The H9 has full-size MIDI DIN connectors for input and output, and MIDI can be used to load presets, alter effect parameters, or to backup the contents via SysEx messages.
Although it’s theoretically a stompbox, the H9 requires more power than the typical 9V battery can provide – there’s no battery option at all, and it must have a 12V mains power supply.
Use this button, or the Control app, to set up the Hot Knob function, essential a recallable snapshot of the current settings – a preset within a preset, you might say.
8. USB at the back
If Bluetooth is being unpredictable or you don’t feel secure using it at a gig, you can connect to your computer via USB and use Eventide’s H9 Control app instead.
During the review period, I used an expression pedal and a footswitch as well as the Control app, and I experimented with using a PitchFactor to send MIDI program changes in order to load presets simultaneously on both stompboxes, which worked great and saved a bit of toe tapping. The knobs on the PitchFactor can even send MIDI CCs to the H9 for parameter changes.
As long as you can live with the sparse physical interface, this is an outstanding example of hardware build quality combined with software-style flexibility. It’s versatile and it sounds fantastic. Of course, you’d be right to be sceptical about a product that relies on a computer application or – perhaps worse – an iOS app for full functionality, but if it comes to it, the H9 can do it all through regular MIDI messages and hardware controllers, and Eventide has been around a long time – if you need to trust anybody, it’s going to be them.
It is costly to buy into the H9 ecosystem, but you’re accessing a huge range of high-quality effects in a small package, which you can take with you as you move from synth rig to guitar rig to studio. Another thing to bear in mind is that if you own an H9 Max, you can purchase a Core and validate all of your algorithms and presets on that as well, while you run them together.
I was very impressed with the H9, and it’s the first review product I’ve purchased for myself in a long time. Highly recommended for the more tech-savvy guitarist or producer, especially with those new distortion algorithms – even if all the H9 did was that, it’d be worth it.

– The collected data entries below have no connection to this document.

// Which entry of a group goes first: the one whose row has the smallest tag.
ghost use Rattle.std.specs.Prelude.{◌≡◌, ℕ, ◌<◌, length, slice_index_or};
ghost use Rattle.choices.specs.Keys.{IsEntry};
ghost use Rattle.choices.specs.declared.keys.Candidate.TheVariants.{Absent};
ghost use Rattle.fleet.specs.View.{state};
ghost use Rattle.journal.specs.Questions.{row_found};
ghost use Rattle.journal.specs.View.{view};
ghost use Rattle.model.specs.Turns.{has_entry_of};
ghost use Rattle.counting.specs.Below.{least};

use crate::keys::{Candidate, least_waiting};
use fleet::Fleet;
use journal::Journal;
use messages::{ROWS, Row};
use operation::Tag;
use std::array;

// The key of the row's entry to forward at the server, if there is one and its tag names the group.
fn entry_key(
    fleet: &Fleet,
    journal: &Journal,
    server: usize,
    group: usize,
    row: Row,
) -> Candidate<Tag>
    ensures { IsEntry (has_entry_of (state fleet.now (view journal.now)) server group row.0) ((view journal.now).tag row.0) result }
{
    let tag = journal.tag_of(row);
    if fleet.has_entry(server, row) && tag.server() as usize == group {
        Candidate::Waits(tag)
    } else {
        Candidate::Absent
    }
}

// The keys of all rows.
fn entry_keys(
    fleet: &Fleet,
    journal: &Journal,
    server: usize,
    group: usize,
) -> [Candidate<Tag>; ROWS]
    ensures sized { length result ≡ 256 }
    ensures keys { (k : ℕ) → k < 256 → IsEntry (has_entry_of (state fleet.now (view journal.now)) server group k) ((view journal.now).tag k) (slice_index_or result k Absent) }
{
    array::from_fn(|k| entry_key(fleet, journal, server, group, Row(k as u8)))
}

// The row of the group's first entry to forward at the server, none if the group has none.
pub fn first_entry(fleet: &Fleet, journal: &Journal, server: usize, group: usize) -> Option<Row>
    ensures { row_found result ≡ least (has_entry_of (state fleet.now (view journal.now)) server group) (view journal.now).tag 256 }
{
    let keys = entry_keys(fleet, journal, server, group);
    let place = least_waiting(&keys)?;
    Some(Row(place as u8))
}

If you like the ways of Eventide, but you need something more focused on a particular type of effect, then why not try the Eventide ‘Factor’ range of stompboxes? With their more functional physical interfaces, the PitchFactor, SpaceFactor, and TimeFactor offer effect-specific functionality. You could also think of the Zoom MS-50G (www.zoom.co.jp) as a lower budget alternative to the Eventides. Zoom’s MS-50G MultiStomp pedal provides amp modelling and up to six simultaneous effects in a single pedal-sized box, powered from batteries or mains.
Eventide H9 Update key features
- True analogue bypass
- Real-time MIDI control
- Power supply
- Expression pedal and aux footswitch input
- Tap tempo
- MIDI via DIN and USB
+ Amazing build quality…
+ …and sound quality!
+ Regular updates
+ Very versatile
- You’ll definitely need to buy an expression pedal, footswitch, or other controller
- Only one effect at a time – mostly
- Needs access to the H9 Control app for full user-friendly control
Since its launch in 2014, the H9 has received ongoing support, updates, and new sounds and presets. It’s expensive if you look at it as a guitar pedal, especially when you consider the fully-loaded Max version, but this is a versatile and great-sounding addition to any instrument or production setup, and the new distortion/fuzz algorithms should make it even more irresistible to guitar players and producers alike.